── ENTRIES PROVIDED

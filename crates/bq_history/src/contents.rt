//! Takes the contents out of items, in the order of the items' places.
ghost use Rattle.std.specs.Prelude.{◌≡◌, ◌≤◌, ◌<◌, ℕ, List, map, length, vec_len, vec_capacity};
ghost use Rattle.bq_history.specs.Whole.{Each};
ghost use Rattle.bq_history.specs.Places.{times, IsAtItsPlace};

use crate::order::{Placed, in_order};

/// Something that has content and a place.
pub trait HasContent<C> {
    ghost content: { Self → C };

    /// The content.
    fn into_content(self) -> C
        ensures { result ≡ Self.content self };
}

/// The contents of items in the order of their places. Each place must be below the number of items, and no two items may
/// have one place. So the result has each item's content at the item's place. The contents go into `room`, which must be
/// empty and large enough; no memory is taken.
pub fn contents_in_order<C: Drop, T: Placed + HasContent<C> + Drop>(
    items: Vec<T>,
    room: Vec<C>,
) -> Vec<C>
    requires below { Each (λ x. T.place x < length items.items) items.items }
    requires few { (s : ℕ) → times T.place s items.items ≤ 1 }
    requires room { (vec_len room ≡ 0) × (vec_len items ≤ vec_capacity room) }
    ensures { (list : List C) (d : C) → length list ≡ length items.items → Each (IsAtItsPlace T.place T.content d list) items.items → result.items ≡ list }
{
    let mut items = items;
    in_order(&mut items);
    contents(items, room)
}

/// The contents of items, in their order.
fn contents<C: Drop, T: HasContent<C> + Drop>(items: Vec<T>, room: Vec<C>) -> Vec<C>
    requires { (vec_len room ≡ 0) × (vec_len items ≤ vec_capacity room) }
    ensures { result.items ≡ map T.content items.items }
{
    let mut contents = room;
    for item in items {
        contents.push_reserved(item.into_content());
    }
    contents
}
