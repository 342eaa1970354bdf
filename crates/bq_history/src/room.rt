//! Room for records, made before any lock is taken.
ghost use Rattle.std.specs.Prelude.{◌≡◌, OnOk, OnErr, [], true, false};

use crate::chain::Slip;
use crate::chunk::Chunk;
use std::alloc::{AllocError, Global};
use std::marker::Model;

/// What a caller has ready for its next record, so that a commit takes no memory: a spare chunk, or nothing yet. A commit
/// takes the chunk only if the last one of the history is full. Contracts see whether it is ready.
#[derive(Drop)]
pub struct Room<R: Drop> {
    spare: Option<Slip<Chunk<R>>>,
}

impl<R: Drop> Model for Room<R> {
    ghost use Rattle.std.specs.Prelude.{◌≡◌, Bool, [], IfSome, is_some};

    ghost Value = { Bool };

    ghost view = { λ r. is_some r.spare };

    ghost invariant = { λ r. IfSome r.spare (λ c. c ≡ []) };
}

impl<R: Drop> Room<R> {
    /// Room with nothing ready.
    pub fn new() -> Room<R>
        ensures { result ≡ false }
    {
        Room { spare: None }
    }

    /// Makes the room ready. It takes memory only if the room is not ready yet. If memory runs out, the room does not change.
    #[inline(always)]
    pub fn prepare(&mut self, alloc: Global) -> Result<(), AllocError>
        ensures ready { OnOk result (self.new ≡ true) }
        ensures err { OnErr result (self.new ≡ self.old) }
    {
        if self.spare.is_some() {
            return Ok(());
        }
        self.fill(alloc)
    }

    /// Makes the spare chunk. It is a function of its own since only one record in 16 takes a chunk, and the others only look.
    #[cold]
    #[inline(never)]
    fn fill(&mut self, alloc: Global) -> Result<(), AllocError>
        ensures ready { OnOk result (self.new ≡ true) }
        ensures err { OnErr result (self.new ≡ self.old) }
    {
        let chunk = Chunk::new(alloc)?;
        self.spare = Some(Slip::new(alloc, chunk)?);
        Ok(())
    }

    /// The spare chunk.
    pub(crate) fn take_chunk(&mut self) -> Slip<Chunk<R>>
        requires { self.old ≡ true }
        ensures { result ≡ [] }
    {
        let Some(slip) = self.spare.take() else {
            unreachable!()
        };
        slip
    }
}
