//! Items that know their places are sorted in place, without memory.
ghost use Rattle.std.specs.Prelude.{◌≡◌, ◌≤◌, ◌<◌, ℕ, length};
ghost use Rattle.bq_history.specs.Places.{IsAt, times, ArePlaced, AreFrom};
ghost use Rattle.bq_history.specs.Whole.{Each};

/// Something that knows its place.
pub trait Placed {
    ghost place: { Self → ℕ };

    /// Its place, counted from 0.
    fn place(&self) -> u64
        ensures { result ≡ Self.place self.now };
}

/// Brings each item to its place. Each place must be below the number of items, and no two items may have one place.
pub fn in_order<T: Placed>(items: &mut [T])
    requires below { Each (λ x. T.place x < length items.old) items.old }
    requires few { (s : ℕ) → times T.place s items.old ≤ 1 }
    ensures len { length items.new ≡ length items.old }
    ensures placed { ArePlaced T.place (length items.new) items.new }
    ensures from { AreFrom items.old items.new }
{
    for k in 0..items.len() {
        let at = find(items, k);
        items.swap(k, at);
    }
}

/// The index of the item with place `from`. It is not before that index.
fn find<T: Placed>(items: &[T], from: usize) -> usize
    requires there { (j : ℕ) × (from ≤ j) × IsAt T.place items.now from j }
    ensures after { from ≤ result }
    ensures found { IsAt T.place items.now from result }
{
    for i in from..items.len() {
        if items[i].place() == from as u64 {
            return i;
        }
    }
    unreachable!()
}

────

Go through the records line by line, and copy each line that holds the string "filename".

filename crates/bq_history/src/contents.rt
filename crates/bq_history/src/room.rt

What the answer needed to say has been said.